VirtualOPEN will celebrate the amazingly innovative output that has been created this year under the most difficult of circumstances. It will promote the collective endeavour of our students, staff and support staff, and give us a positive and celebratory end to the academic year after all the gloom of recent months. VirtualOPEN will feature the energy and talent of more than 750 students, re-tuned to the possibilities of a virtual environment to produce something experimental, unexpected and exciting. 

We look forward to welcoming you all to the opening at 6pm, Thursday, July 2!

Details of how the show will work and how you can contribute can be found here.

University of Westminster Virtual Skills Academy from 1st to 12th of June [online]

From 1st to 12th June, the Careers and Employability Service is organising a series of informative and up-to-date online talks and workshops to help you to maintain your employability during the current time. 

Topics will include: 

  • how to make the most of free online development opportunities
  • how to use LinkedIn effectively
  • job search
  • virtual assessment processes

and many more!

You will need to register for individual sessions in advance, and follow the instructions in able to participate online:

https://engage.westminster.ac.uk/students/events/Detail/653220/virtual-skills-academy-1-12-ju

HomeTown international drawing challenge by Archisource

HomeTown is a new stay-home international drawing challenge!

A free, open-to-all, collective drawing challenge that aims to create a giant tessellated isometric drawing from creatives around the world!

Draw your insight into staying at home during lockdown and join this international collaboration!

The challenge aims to show how we can remain connected in these unprecedented times and that whilst we’re all ‘only a room away’, regardless of the country or distance apart, we are united by creativity.
Using the template provided, we want you to get creative and show us something about your experience working from/ staying home. Archisource will then piece the individual drawings together live on their website archisource.org to collectively build HomeTown.

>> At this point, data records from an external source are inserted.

// Reading an input to its end. Of the bytes no contract can say anything.
ghost use Rattle.std.specs.Prelude.{◌≡◌, ◌≤◌, length, Some, None, IfOk, MatchResult};
ghost use Rattle.streams.specs.Input.{Within};

use crate::failure::tell;
use std::env::FillError;
use std::fs::File;
use std::io::{Error, ErrorKind, Read, Write};
use std::rt::{Env, Files};

// Linux's numbers for a name that is too long and for an argument that is missing.
const ENAMETOOLONG: i32 = 36;

const EINVAL: i32 = 22;

// Reads until the slice is full or the input ends. std has no call that does both: `read_exact` wants the whole slice, and the others a heap.
fn fill<R: Read>(input: &mut R, bytes: &mut [u8]) -> Result<usize, Error>
    ensures { IfOk result (λ count. count ≤ length bytes.old) }
{
    let mut done = 0;
    while done < bytes.len() {
        let count = input.read(&mut bytes[done..])?;
        if count == 0 {
            return Ok(done);
        }
        done += count;
    }
    Ok(done)
}

// How many bytes were read, or none where that failed, which is told on standard error under the input's name.
fn ok_or_tell<E: Write>(errors: &mut E, name: &[u8], read: Result<usize, Error>) -> Option<usize>
    ensures { MatchResult read (λ count. result ≡ Some count) (λ _. result ≡ None) }
{
    match read {
        Ok(count) => Some(count),
        Err(error) => {
            tell(errors, name, error);
            None
        }
    }
}

// How many bytes were read until the slice was full or the input ended.
pub fn read_all<R: Read, E: Write>(
    input: &mut R,
    errors: &mut E,
    name: &[u8],
    bytes: &mut [u8],
) -> Option<usize>
    ensures { Within result (length bytes.old) }
{
    let filled = fill(input, bytes);
    ok_or_tell(errors, name, filled)
}

// Reads the file of this name. std opens none by a name that is not UTF-8.
fn fill_from<R: Files>(rt: &R, name: &[u8], bytes: &mut [u8]) -> Result<usize, Error>
    ensures { IfOk result (λ count. count ≤ length bytes.old) }
{
    match str::from_utf8(name) {
        Ok(text) => {
            let mut file = File::open(rt, text)?;
            fill(&mut file, bytes)
        }
        Err(_) => Err(Error::new(ErrorKind::InvalidFilename, "the name is not UTF-8")),
    }
}

// Reads the file of this name.
pub fn read_file<R: Files, E: Write>(
    rt: &R,
    errors: &mut E,
    name: &[u8],
    bytes: &mut [u8],
) -> Option<usize>
    ensures { Within result (length bytes.old) }
{
    let filled = fill_from(rt, name, bytes);
    ok_or_tell(errors, name, filled)
}

// Why an argument could not be had, by the system's numbers. Both types are std's, so this can be no From.
fn reason(error: FillError) -> Error {
    match error {
        FillError::TooLong => Error::from_raw_os_error(ENAMETOOLONG),
        FillError::NotPresent => Error::from_raw_os_error(EINVAL),
    }
}

// Reads the file that argument i names. The name is read into a fixed array, of Linux's longest name: the project has no heap.
pub fn read_argument<R: Files + Env, E: Write>(
    rt: &R,
    errors: &mut E,
    i: usize,
    bytes: &mut [u8],
) -> Option<usize>
    ensures { Within result (length bytes.old) }
{
    let mut name = [0u8; 4096];
    match rt.arg(i, &mut name) {
        Ok(length) => read_file(rt, errors, &name[..length], bytes),
        Err(error) => {
            tell(errors, b"argument", reason(error));
            None
        }
    }
}
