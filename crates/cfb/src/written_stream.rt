//! A stream's bytes, read and written from a position on.
ghost use Rattle.cfb.specs.Views.{file_case_table, mini_of, most_ahead_of};
ghost use Rattle.cfb_chains.specs.ChainCalls.{IsInvalidPlace};
ghost use Rattle.cfb_fat.specs.Tables.{has_failed_here, version_of, IsJustifiedBySectors};
ghost use Rattle.cfb_medium.specs.Bytes.{overwritten};
ghost use Rattle.cfb_medium.specs.Calls.{IsFaultOrInvalidInputIf};
ghost use Rattle.cfb_medium.specs.Versions.{stream_len_mask};
ghost use Rattle.cfb_medium.specs.declared.error.Error.TheVariants.{Failed, Full, InvalidData, InvalidInput};
ghost use Rattle.cfb_mini.specs.Views.{allocator_of};
ghost use Rattle.cfb_chain_io.specs.ChainEffects.{KeepsFileInvariants, IsInvalidPlaceOrFull};
ghost use Rattle.cfb_sectors.specs.Seeking.{Finds};
ghost use Rattle.cfb_tree.specs.Paths.{Path};
ghost use Rattle.cfb_tree.specs.Tree.{Tree};
ghost use Rattle.cfb_stream_writes.specs.Streams.{resized, IsPastNumbers};
ghost use Rattle.std.specs.Borrow.{sem};
ghost use Rattle.std.specs.Prelude.{drop, false, length, min, take, true, IfErr, IfOk, IsErrOf, List, OnErr, OnOk, ℕ, ◌+◌, ◌++◌, ◌-◌, ◌<◌, ◌==◌, ◌^◌, ◌≡◌, ◌≤◌, ◌⊎◌, []};
ghost use mir.Syntax.{named};

use crate::CompoundFile;
use cfb_medium::{Error, Medium, ReadMedium};
use cfb_sectors::place_found;
use std::io::SeekFrom;

// So many bytes no stream has: sectors have fewer numbers.
const TOO_MANY: u64 = 1 << 63;

/// A stream that is read and written, from a position on ([MS-CFB] 2.6.3). It borrows the file until it is closed. What is written
/// lies in the file at once, and its entry tells of it.
pub struct Stream<'a, F: ReadMedium> {
    pub(crate) file: &'a mut CompoundFile<F>,
    pub(crate) id: u32,
    pub(crate) len: u64,
    pub(crate) position: u64,
    ghost inside: { position ≤ len },
    ghost small: { len < 2 ^ 63 },
}
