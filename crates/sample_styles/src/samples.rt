ghost use Rattle.std.specs.Prelude.{◌≡◌, ◌+◌, ◌<◌, ◌^◌, true, IfOk, OnOk, OnErr};
ghost use Rattle.lat_base.specs.Rules.{rule_set};
ghost use Rattle.sample_styles.specs.Drawing.{style_after, behind_style};
ghost use Rattle.sample_styles.specs.SampleStyles.{sample_id};

use crate::Sample;
use crate::generator::draw_style;
use lat_base::{Id, IdFault, Rules, Shape};
use std::alloc::{AllocError, Global};
use std::marker::Model;

/// Where the drawing of styles stands: the generator's number, and how many styles were made.
#[derive(Debug, Drop)]
pub struct Samples {
    x: u32,
    made: u32,
}

impl Model for Samples {
    ghost use Rattle.sample_styles.specs.Drawing.{Drawing};

    ghost Value = { Drawing };

    ghost view = { λ a. record { x = a.x; made = a.made } };
}

// The id of style i: the letter s and then i in decimal.
#[tactic(auto, using(crate::proofs::SampleIds::sample_id_fits))]
fn sample_id(alloc: Global, i: u32) -> Result<Id, AllocError>
    ensures { IfOk result (λ id. id ≡ sample_id i) }
{
    let number = i.to_string(alloc)?;
    let mut text = Vec::from_slice(alloc, b"s")?;
    text.extend_from_slice(number.as_bytes())?;
    match Id::new(alloc, text.as_slice()) {
        Ok(id) => Ok(id),
        Err(IdFault::Memory) => Err(AllocError),
        Err(IdFault::Bad) => unreachable!(),
    }
}

impl Samples {
    /// The drawing at its beginning, with this seed as the generator's number.
    pub fn new(seed: u32) -> Samples
        ensures { result ≡ record { x = seed; made = 0 } }
    {
        Samples { x: seed, made: 0 }
    }

    /// The next style. Its id is `s` and its number, counted from 1, in decimal; it has 1 to 3
    /// contests, each with 1 to 4 targets and a limit of 1 or 2. The only error is want of memory;
    /// the drawing is then as before, and the same style comes next.
    #[tactic(auto, using(crate::proofs::SampleShapes::style_is_shape))]
    pub fn next_style(&mut self, alloc: Global) -> Result<Sample, AllocError>
        requires { self.old.made + 1 < 2 ^ 32 }
        ensures id { IfOk result (λ sample. sample.id ≡ sample_id (self.old.made + 1)) }
        ensures shape { IfOk result (λ sample. sample.shape ≡ style_after self.old.x) }
        ensures x { OnOk result (self.new.x ≡ behind_style self.old.x) }
        ensures made { OnOk result (self.new.made ≡ self.old.made + 1) }
        ensures err { OnErr result (self.new ≡ self.old) }
    {
        let mut x = self.x;
        let contests = draw_style(alloc, &mut x)?;
        let shape = Shape::from_valid(alloc, contests)?;
        let made = self.made + 1;
        let id = sample_id(alloc, made)?;
        self.x = x;
        self.made = made;
        Ok(Sample { id, shape })
    }
}

/// The rules of the styles that are drawn: different totals in a contest, and at least one vote for
/// each target, one blank ballot, and one that overvotes each contest that can be overvoted.
pub fn sample_rules() -> Rules
    ensures { result ≡ rule_set true 1 1 1 }
{
    Rules::from_valid(true, 1, 1, 1)
}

Website: https://archisource.org/

Instagram:@archisource

SOS_20: A New 1 Month Critical Design Residency for London _ Deadline: midnight, Saturday, May 30, 2020

London’s newest FREE independent design residency SOS_20 is now open for applications!!!

SOS_20 runs 27th July – 21st August

SOS is a growing network of students, graduates, practitioners and academics that are committed to the pursuit of critical thinking in art, design and architecture. Established in 2018, SOS is a not-for-profit organisation set up to help kick-start careers for those looking for alternative career paths in art and design. Established for truly accessible collaboration in higher education, the residency encourages all backgrounds and disciplines to participate.

Hosted by some of London’s leading public institutions such as the Design Museum and South London Gallery, 20 participants will join a 4 week long programme of lectures, workshops, public exhibition and tutoring geared to help develop projects in original creative thinking. SOS is proud to announce that there is a £0 fee this year thanks to the continued support of its sponsors as well as Arts Council England.

This year we are joined by author of Inventing the Future: Postcapitalism and a World Without Work economist Nick Srnicek, writer and author of Full Surrogacy Now: Feminism Against Family Sophie Lewis as well as artists Anna Bunting-Branch and Aliyah Hussain, with more tba.

Download the application form: https://schoolofspeculation.xyz/Apply-Now 

Applications close Midnight Saturday 30th May!

The course is under continuous revision and adjustment due to the ongoing uncertainty relating to the COVID-19 pandemic. For now, the course retains its original physical format but is subject to remote substitutions as enforced by a continued UK lock-down.